### Dataset ###

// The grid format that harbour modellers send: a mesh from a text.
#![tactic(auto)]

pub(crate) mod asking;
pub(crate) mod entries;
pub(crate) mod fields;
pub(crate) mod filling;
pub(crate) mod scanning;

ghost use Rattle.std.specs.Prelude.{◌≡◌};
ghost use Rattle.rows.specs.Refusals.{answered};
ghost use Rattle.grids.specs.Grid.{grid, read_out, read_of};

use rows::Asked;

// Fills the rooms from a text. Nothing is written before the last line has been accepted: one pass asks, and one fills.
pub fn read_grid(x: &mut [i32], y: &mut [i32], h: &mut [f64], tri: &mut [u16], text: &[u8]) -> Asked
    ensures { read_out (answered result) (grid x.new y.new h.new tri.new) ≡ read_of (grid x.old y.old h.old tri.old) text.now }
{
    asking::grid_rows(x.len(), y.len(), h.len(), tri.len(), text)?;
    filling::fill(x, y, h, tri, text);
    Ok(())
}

###
### Dataset ###

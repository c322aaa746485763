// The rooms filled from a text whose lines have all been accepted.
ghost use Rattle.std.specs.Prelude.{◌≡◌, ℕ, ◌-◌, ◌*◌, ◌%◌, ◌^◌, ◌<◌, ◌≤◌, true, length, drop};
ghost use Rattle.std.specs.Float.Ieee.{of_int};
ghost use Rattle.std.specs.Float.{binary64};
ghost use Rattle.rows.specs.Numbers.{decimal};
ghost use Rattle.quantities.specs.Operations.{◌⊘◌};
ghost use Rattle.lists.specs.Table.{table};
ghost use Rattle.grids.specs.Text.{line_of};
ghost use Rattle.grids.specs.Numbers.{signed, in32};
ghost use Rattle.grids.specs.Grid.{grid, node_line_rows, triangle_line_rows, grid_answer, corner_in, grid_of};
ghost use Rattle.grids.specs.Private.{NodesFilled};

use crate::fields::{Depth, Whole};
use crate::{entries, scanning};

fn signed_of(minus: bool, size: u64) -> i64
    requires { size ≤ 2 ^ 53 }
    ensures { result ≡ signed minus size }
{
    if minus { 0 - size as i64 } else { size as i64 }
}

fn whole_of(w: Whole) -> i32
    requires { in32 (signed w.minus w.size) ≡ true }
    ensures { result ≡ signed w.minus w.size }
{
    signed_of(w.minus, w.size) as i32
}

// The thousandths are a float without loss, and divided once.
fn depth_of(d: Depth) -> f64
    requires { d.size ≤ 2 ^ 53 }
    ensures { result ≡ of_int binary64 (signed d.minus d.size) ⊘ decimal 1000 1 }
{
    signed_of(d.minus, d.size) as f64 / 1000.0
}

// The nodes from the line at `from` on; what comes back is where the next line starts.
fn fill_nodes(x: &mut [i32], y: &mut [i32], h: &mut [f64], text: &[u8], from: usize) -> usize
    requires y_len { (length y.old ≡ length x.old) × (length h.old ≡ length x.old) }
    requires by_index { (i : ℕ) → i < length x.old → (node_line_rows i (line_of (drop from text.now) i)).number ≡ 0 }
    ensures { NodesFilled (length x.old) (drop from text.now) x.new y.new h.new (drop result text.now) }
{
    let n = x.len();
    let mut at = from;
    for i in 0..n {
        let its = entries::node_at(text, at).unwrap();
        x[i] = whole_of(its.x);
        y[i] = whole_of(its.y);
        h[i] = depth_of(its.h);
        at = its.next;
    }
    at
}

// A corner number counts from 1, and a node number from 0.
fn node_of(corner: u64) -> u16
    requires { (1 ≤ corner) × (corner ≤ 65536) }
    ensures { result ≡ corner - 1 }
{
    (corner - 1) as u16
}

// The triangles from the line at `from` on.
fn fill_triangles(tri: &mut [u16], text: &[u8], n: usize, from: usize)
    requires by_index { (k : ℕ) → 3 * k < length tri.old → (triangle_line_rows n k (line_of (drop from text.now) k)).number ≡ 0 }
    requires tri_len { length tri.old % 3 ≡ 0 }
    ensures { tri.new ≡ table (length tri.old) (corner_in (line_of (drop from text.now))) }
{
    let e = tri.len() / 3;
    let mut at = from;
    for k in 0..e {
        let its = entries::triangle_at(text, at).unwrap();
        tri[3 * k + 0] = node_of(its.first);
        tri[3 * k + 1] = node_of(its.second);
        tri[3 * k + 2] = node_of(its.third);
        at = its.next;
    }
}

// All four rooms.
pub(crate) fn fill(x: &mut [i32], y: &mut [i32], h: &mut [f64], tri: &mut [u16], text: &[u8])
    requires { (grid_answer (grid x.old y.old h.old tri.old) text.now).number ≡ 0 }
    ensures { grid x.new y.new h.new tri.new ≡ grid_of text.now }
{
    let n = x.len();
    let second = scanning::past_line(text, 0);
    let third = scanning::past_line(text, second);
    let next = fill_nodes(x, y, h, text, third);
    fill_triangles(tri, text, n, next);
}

###
### Dataset ###

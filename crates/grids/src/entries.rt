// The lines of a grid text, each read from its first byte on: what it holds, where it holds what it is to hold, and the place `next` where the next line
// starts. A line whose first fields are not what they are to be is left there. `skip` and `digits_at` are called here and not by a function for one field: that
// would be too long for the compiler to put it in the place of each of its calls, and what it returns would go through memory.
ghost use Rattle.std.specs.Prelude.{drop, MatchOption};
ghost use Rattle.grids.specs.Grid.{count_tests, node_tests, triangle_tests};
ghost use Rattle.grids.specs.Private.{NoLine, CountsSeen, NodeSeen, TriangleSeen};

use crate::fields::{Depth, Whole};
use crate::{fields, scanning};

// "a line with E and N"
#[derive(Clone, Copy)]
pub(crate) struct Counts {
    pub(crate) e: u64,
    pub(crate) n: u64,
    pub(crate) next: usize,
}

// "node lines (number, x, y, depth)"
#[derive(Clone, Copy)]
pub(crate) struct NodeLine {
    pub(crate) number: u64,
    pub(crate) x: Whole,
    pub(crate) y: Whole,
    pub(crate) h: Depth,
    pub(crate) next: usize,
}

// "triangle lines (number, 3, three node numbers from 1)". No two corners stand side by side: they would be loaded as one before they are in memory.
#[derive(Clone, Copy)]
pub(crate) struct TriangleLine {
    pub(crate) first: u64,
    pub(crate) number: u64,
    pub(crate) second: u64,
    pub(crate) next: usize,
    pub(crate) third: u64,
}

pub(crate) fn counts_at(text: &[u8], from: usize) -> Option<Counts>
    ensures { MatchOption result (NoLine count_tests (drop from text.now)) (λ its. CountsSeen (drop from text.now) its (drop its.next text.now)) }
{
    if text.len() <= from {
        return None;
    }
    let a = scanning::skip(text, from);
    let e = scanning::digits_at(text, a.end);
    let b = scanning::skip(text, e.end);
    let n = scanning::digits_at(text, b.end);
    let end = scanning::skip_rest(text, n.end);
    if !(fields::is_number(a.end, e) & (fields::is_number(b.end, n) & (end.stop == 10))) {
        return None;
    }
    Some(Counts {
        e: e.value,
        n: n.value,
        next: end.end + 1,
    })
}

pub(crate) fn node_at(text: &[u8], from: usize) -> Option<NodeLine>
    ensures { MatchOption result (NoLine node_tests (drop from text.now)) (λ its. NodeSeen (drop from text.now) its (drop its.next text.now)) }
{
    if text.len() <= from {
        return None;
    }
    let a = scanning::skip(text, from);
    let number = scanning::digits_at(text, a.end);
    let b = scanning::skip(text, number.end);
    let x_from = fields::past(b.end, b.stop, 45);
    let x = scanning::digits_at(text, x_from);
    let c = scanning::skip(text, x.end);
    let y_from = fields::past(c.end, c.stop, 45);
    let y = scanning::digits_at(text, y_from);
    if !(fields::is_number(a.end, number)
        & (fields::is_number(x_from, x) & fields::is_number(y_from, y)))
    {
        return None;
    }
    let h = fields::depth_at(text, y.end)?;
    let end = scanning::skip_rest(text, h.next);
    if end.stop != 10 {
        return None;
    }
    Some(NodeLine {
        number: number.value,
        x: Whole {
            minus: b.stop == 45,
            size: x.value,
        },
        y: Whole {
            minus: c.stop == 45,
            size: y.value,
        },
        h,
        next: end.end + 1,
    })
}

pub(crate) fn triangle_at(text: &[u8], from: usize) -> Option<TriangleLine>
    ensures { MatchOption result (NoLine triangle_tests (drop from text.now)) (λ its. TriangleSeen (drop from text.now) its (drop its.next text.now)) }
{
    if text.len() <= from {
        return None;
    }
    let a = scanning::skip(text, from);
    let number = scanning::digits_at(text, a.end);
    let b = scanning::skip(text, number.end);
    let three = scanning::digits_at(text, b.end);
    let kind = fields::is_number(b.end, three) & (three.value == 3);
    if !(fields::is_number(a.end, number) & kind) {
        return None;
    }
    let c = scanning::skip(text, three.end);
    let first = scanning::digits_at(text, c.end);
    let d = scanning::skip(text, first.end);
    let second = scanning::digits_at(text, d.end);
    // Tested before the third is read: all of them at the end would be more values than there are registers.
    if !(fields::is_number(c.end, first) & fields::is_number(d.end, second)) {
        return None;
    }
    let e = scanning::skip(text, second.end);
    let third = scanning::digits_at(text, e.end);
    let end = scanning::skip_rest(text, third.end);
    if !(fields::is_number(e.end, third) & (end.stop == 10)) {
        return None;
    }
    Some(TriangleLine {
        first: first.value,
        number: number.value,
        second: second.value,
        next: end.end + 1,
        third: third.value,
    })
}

###

_Problem to solve_.
Could you reproduce, exactly, every line above from the line with "mesh from a text." to the line with "pub fn read_grid(x: &mut", and no other line? Both ends count.

_Output for this task_.
// The grid format that harbour modellers send: a mesh from a text.
#![tactic(auto)]

pub(crate) mod asking;
pub(crate) mod entries;
pub(crate) mod fields;
pub(crate) mod filling;
pub(crate) mod scanning;

ghost use Rattle.std.specs.Prelude.{◌≡◌};
ghost use Rattle.rows.specs.Refusals.{answered};
ghost use Rattle.grids.specs.Grid.{grid, read_out, read_of};

use rows::Asked;

// Fills the rooms from a text. Nothing is written before the last line has been accepted: one pass asks, and one fills.
pub fn read_grid(x: &mut [i32], y: &mut [i32], h: &mut [f64], tri: &mut [u16], text: &[u8]) -> Asked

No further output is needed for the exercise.